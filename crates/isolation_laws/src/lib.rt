//! Keys that are limited to some buckets, or to names with a prefix in these: what they are
//! answered depends on their own alone, and of others they learn nothing.
#![tactic(auto)]

ghost use Rattle.std.specs.Prelude.{◌≡◌, ℕ, true, false, List, ◌++◌, Option, Some, None, take};
ghost use Rattle.rule_table.specs.declared.fault.FaultKind.TheVariants.{P9};
ghost use Rattle.b2_types.specs.declared.key.Grant.{Grant as TheGrant};
ghost use Rattle.b2_types.specs.declared.call.Call.{Call as TheCall};
ghost use Rattle.b2_types.specs.declared.answer.AnswerOf.TheVariants.{Refused};
ghost use Rattle.b2_types.specs.Fault.{plain};
ghost use Rattle.b2_model.specs.Checks.{first_fault};
ghost use Rattle.b2_model.specs.LiveGrant.{grant_at};
ghost use Rattle.b2_model.specs.State.{State, Pieces};
ghost use Rattle.b2_model.specs.Policy.{caller_of, limits, prefix_limit, judged_call, token_rules, call_rules};
ghost use Rattle.b2_model.specs.Ask.{ask};
ghost use Rattle.sound_states.specs.Sound.{IsSound};
ghost use Rattle.isolation_laws.specs.Agree.{AgreeOnKey, AgreeOnBuckets, AgreeOnNames, AreOneRefusal};
ghost use Rattle.isolation_laws.specs.Naming.{LooksInto, IsLimitedToOthers, IsLook, NamesWithin, NamesUnder};

/// Whoever is limited to some buckets and looks into these alone is answered alike in any two
/// states that agree on them: by what stands in other buckets, and by keys and tokens of others,
/// nothing of the answer changes.
#[tactic(auto)]
pub fn own_buckets_are_answered_alike<C>()
    ensures { (P : Pieces C) (M N : State C) (t : ℕ) (words : List ℕ) (token : Option (List ℕ))
        (c : TheCall) → caller_of M token ≡ caller_of N token → IsSound M → IsSound N
        → AgreeOnBuckets (limits (caller_of M token)) M N
        → IsLook c → NamesWithin M (limits (caller_of M token)) c
        → (ask P M t words token c).answer ≡ (ask P N t words token c).answer }
{}

/// The same for who is limited to a prefix too, where the two states agree on the names with that
/// prefix alone, and the call names no others.
#[tactic(auto)]
pub fn own_names_are_answered_alike<C>()
    ensures { (P : Pieces C) (M N : State C) (t : ℕ) (words : List ℕ) (token : Option (List ℕ))
        (c : TheCall) → caller_of M token ≡ caller_of N token → IsSound M → IsSound N
        → AgreeOnNames (limits (caller_of M token)) (prefix_limit (caller_of M token)) M N
        → IsLook c → NamesWithin M (limits (caller_of M token)) c
        → NamesUnder M (prefix_limit (caller_of M token)) c
        → (ask P M t words token c).answer ≡ (ask P N t words token c).answer }
{}

/// A token of a key is one, with that key, in each sound state that agrees on the key.
#[tactic(auto, using(crate::proofs::Alike::token_known_alike))]
pub fn own_tokens_are_known_alike<C>()
    ensures { (M N : State C) (key : ℕ) (token : List ℕ) (g : TheGrant) → AgreeOnKey key M N
        → IsSound N → grant_at M token ≡ Some g → g.key ≡ key
        → caller_of M (Some token) ≡ caller_of N (Some token) }
{}

/// A listing of files or parts, or a look at a file, that names a bucket outside of those that the
/// caller is limited to is refused by P9 where no rule before it fails, whatever stands in that
/// bucket.
#[tactic(auto)]
pub fn other_buckets_are_refused<C>()
    ensures { (P : Pieces C) (M : State C) (t : ℕ) (words : List ℕ) (token : Option (List ℕ))
        (c : TheCall) (bucket : ℕ) → LooksInto bucket c
        → IsLimitedToOthers (caller_of M token) bucket
        → first_fault (token_rules t (judged_call c).row.tokens (λ g. true) (caller_of M token)
        ++ take 2 (call_rules M (judged_call c) (caller_of M token))) ≡ None
        → (ask P M t words token c).answer ≡ Refused (plain P9) }
{}

/// Such a call is refused alike in any two states that have the settings and the caller in common.
#[tactic(auto)]
pub fn other_buckets_are_refused_alike<C>()
    ensures { (P : Pieces C) (M N : State C) (t : ℕ) (words : List ℕ) (token : Option (List ℕ))
        (c : TheCall) (bucket : ℕ) → caller_of M token ≡ caller_of N token
        → M.settings ≡ N.settings → LooksInto bucket c
        → IsLimitedToOthers (caller_of M token) bucket
        → AreOneRefusal (ask P M t words token c).answer (ask P N t words token c).answer }
{}
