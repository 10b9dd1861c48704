//! Bytes that come one by one.

ghost use Rattle.std.specs.Prelude.{◌<◌, ◌≤◌, length, take};
ghost use Rattle.http_edge.specs.declared.cut.Cut.TheVariants.{NotYet};
ghost use Rattle.http_edge.specs.Cut.{IsCut};

use http_edge::{Cut, cut_head};

// So many bytes were searched without an end, once `came` have come.
fn search_on(bytes: &[u8], came: usize, seen: usize) -> usize
    requires order { seen ≤ came }
    requires within { came ≤ length bytes.now }
    requires none { 0 < seen → IsCut (take seen bytes.now) NotYet }
    ensures order { result ≤ came }
    ensures none { 0 < result → IsCut (take result bytes.now) NotYet }
{
    match cut_head(&bytes[..came], seen) {
        Cut::NotYet => came,
        _ => seen,
    }
}

/// Searches for the end of a head whenever a byte has come; so many bytes were searched without one.
pub fn pieces(bytes: &[u8]) -> usize {
    let mut seen = 0usize;
    let mut came = 0usize;
    'bytes: while came < bytes.len() {
        came += 1;
        seen = search_on(bytes, came, seen);
    }
    seen
}
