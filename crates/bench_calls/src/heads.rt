//! A head is read.

use http_edge::{Cut, MOST_HEAD, cut_head, read_head};
use http_header::{HeaderMap, HeaderName, HeaderValue};
use httparse::Status;
use httparse::spans::{EMPTY_HEADER_SPAN, parse_request};
use std::alloc::Global;

/// The head is cut and read; so many headers were kept.
pub fn own_headers(alloc: Global, bytes: &[u8]) -> Option<usize> {
    let Cut::Head(end) = cut_head(bytes, 0) else {
        return None;
    };
    let front = bytes.get(..end)?;
    if front.len() > MOST_HEAD {
        return None;
    }
    let head = read_head(alloc, front).ok()?;
    Some(head.request.headers.len())
}

/// The port's own read of the head into places; it has so many bytes.
pub fn port_length(bytes: &[u8]) -> Option<usize> {
    let mut room = [EMPTY_HEADER_SPAN; 64];
    match parse_request(bytes, &mut room) {
        Ok(Status::Complete(spans)) => Some(spans.len),
        _ => None,
    }
}

// Puts a header into the map, from the bytes of its name and its value.
fn keep(alloc: Global, map: &mut HeaderMap<HeaderValue>, name: &[u8], value: &[u8]) -> Option<()> {
    let name = HeaderName::from_bytes(alloc, name).ok()?;
    let value = HeaderValue::from_bytes(alloc, value).ok()?;
    map.append(name, value).ok()?;
    Some(())
}

/// The ports' own read of the head into a map of its headers, or of `Authorization` alone; so many were kept.
pub fn port_headers(alloc: Global, bytes: &[u8], all: bool) -> Option<usize> {
    let mut room = [EMPTY_HEADER_SPAN; 64];
    let Ok(Status::Complete(spans)) = parse_request(bytes, &mut room) else {
        return None;
    };
    let mut map = HeaderMap::new(alloc);
    for header in room.iter().take(spans.headers) {
        let name = bytes.get(header.name.start..header.name.end)?;
        if all || name.eq_ignore_ascii_case(b"authorization") {
            let value = bytes.get(header.value.start..header.value.end)?;
            keep(alloc, &mut map, name, value)?;
        }
    }
    Some(map.len())
}
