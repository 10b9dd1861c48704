//! The calls, each with what it is called on.

use crate::heads::{own_headers, port_headers, port_length};
use crate::pieces::pieces;
use crate::texts::{ONE_READ, SEVEN_READ, body, head, name, units};
use b2_base::Text;
use json_shape::{object, render};
use name_rules::{FileName, decode_name, encode_name, file_name};
use serde_json::Value;
use std::alloc::Global;

/// A call and what it is called on.
#[derive(Drop)]
pub enum Call {
    /// No call.
    Nothing,
    /// `cut_head` and `read_head` on a head.
    ReadHead(String),
    /// The port's own read of a head, into places.
    Parse(String),
    /// The ports' own read of a head, `Authorization` alone into a map.
    MapOfOne(String),
    /// The ports' own read of a head, each header into a map.
    MapOfAll(String),
    /// `cut_head` on bytes that come one by one.
    Pieces(String),
    EncodeName(FileName),
    DecodeName(Text),
    Object(String),
    Render(Value),
    /// The port's own read of an object.
    ReadValue(String),
    /// The port's own text of a value.
    WriteValue(Value),
}

/// The call of this name, on something of so many bytes.
pub fn call_of(alloc: Global, word: &str, size: usize) -> Option<Call> {
    let call = match word {
        "none" => Call::Nothing,
        "read_head_1" => Call::ReadHead(head(alloc, ONE_READ, size)?),
        "read_head_7" => Call::ReadHead(head(alloc, SEVEN_READ, size)?),
        "parse_1" => Call::Parse(head(alloc, ONE_READ, size)?),
        "parse_7" => Call::Parse(head(alloc, SEVEN_READ, size)?),
        "map_1" => Call::MapOfOne(head(alloc, ONE_READ, size)?),
        "map_7" => Call::MapOfAll(head(alloc, SEVEN_READ, size)?),
        "letters" => Call::Pieces(units(alloc, "xx", size)?),
        "lines" => Call::Pieces(units(alloc, "x\n", size)?),
        "ends" => Call::Pieces(units(alloc, "\r\n", size)?),
        "encode_name" => Call::EncodeName(name_of(alloc, size)?),
        "decode_name" => Call::DecodeName(encode_name(alloc, &name_of(alloc, size)?).ok()?),
        "object" => Call::Object(body(alloc, size)?),
        "render" => Call::Render(value_of(alloc, size)?),
        "read_value" => Call::ReadValue(body(alloc, size)?),
        "write_value" => Call::WriteValue(value_of(alloc, size)?),
        _ => return None,
    };
    Some(call)
}

fn name_of(alloc: Global, size: usize) -> Option<FileName> {
    let text = name(alloc, size)?;
    file_name(alloc, text.as_bytes()).ok()
}

fn value_of(alloc: Global, size: usize) -> Option<Value> {
    let text = body(alloc, size)?;
    object(alloc, text.as_bytes()).ok()
}

fn keys(value: &Value) -> usize {
    match value.as_object() {
        Some(map) => map.len(),
        None => 0,
    }
}

impl Call {
    /// The call, once. None: it failed.
    pub fn once(&self, alloc: Global) -> Option<usize> {
        match self {
            Call::Nothing => Some(0),
            Call::ReadHead(text) => own_headers(alloc, text.as_bytes()),
            Call::Parse(text) => port_length(text.as_bytes()),
            Call::MapOfOne(text) => port_headers(alloc, text.as_bytes(), false),
            Call::MapOfAll(text) => port_headers(alloc, text.as_bytes(), true),
            Call::Pieces(text) => Some(pieces(text.as_bytes())),
            Call::EncodeName(name) => Some(encode_name(alloc, name).ok()?.get().len()),
            Call::DecodeName(text) => Some(
                decode_name(alloc, text.get().as_bytes()).ok()?.get().len(),
            ),
            Call::Object(text) => Some(keys(&object(alloc, text.as_bytes()).ok()?)),
            Call::Render(value) => Some(render(alloc, value).ok()?.get().len()),
            Call::ReadValue(text) => Some(keys(&Value::from_slice(alloc, text.as_bytes()).ok()?)),
            Call::WriteValue(value) => Some(value.to_string(alloc).ok()?.len()),
        }
    }
}
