//! Replies that are under way.

use b2_base::Blob;

/// A reply, of which the first bytes were sent.
#[derive(Drop)]
pub struct Pending<B> {
    /// What is sent first.
    pub text: Blob,
    /// What is sent after it.
    pub body: Option<B>,
    /// How many bytes the body has.
    pub len: u64,
    /// How many bytes were sent, of the text and the body together.
    pub sent: u64,
    /// Whether the connection stays open after it.
    pub stay: bool,
}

────────────────────

■ **What you are asked to do**
Which lines hold the string "order"? Copy all of them from the data above.

■ **Your solution**
    requires order { seen ≤ came }
    ensures order { result ≤ came }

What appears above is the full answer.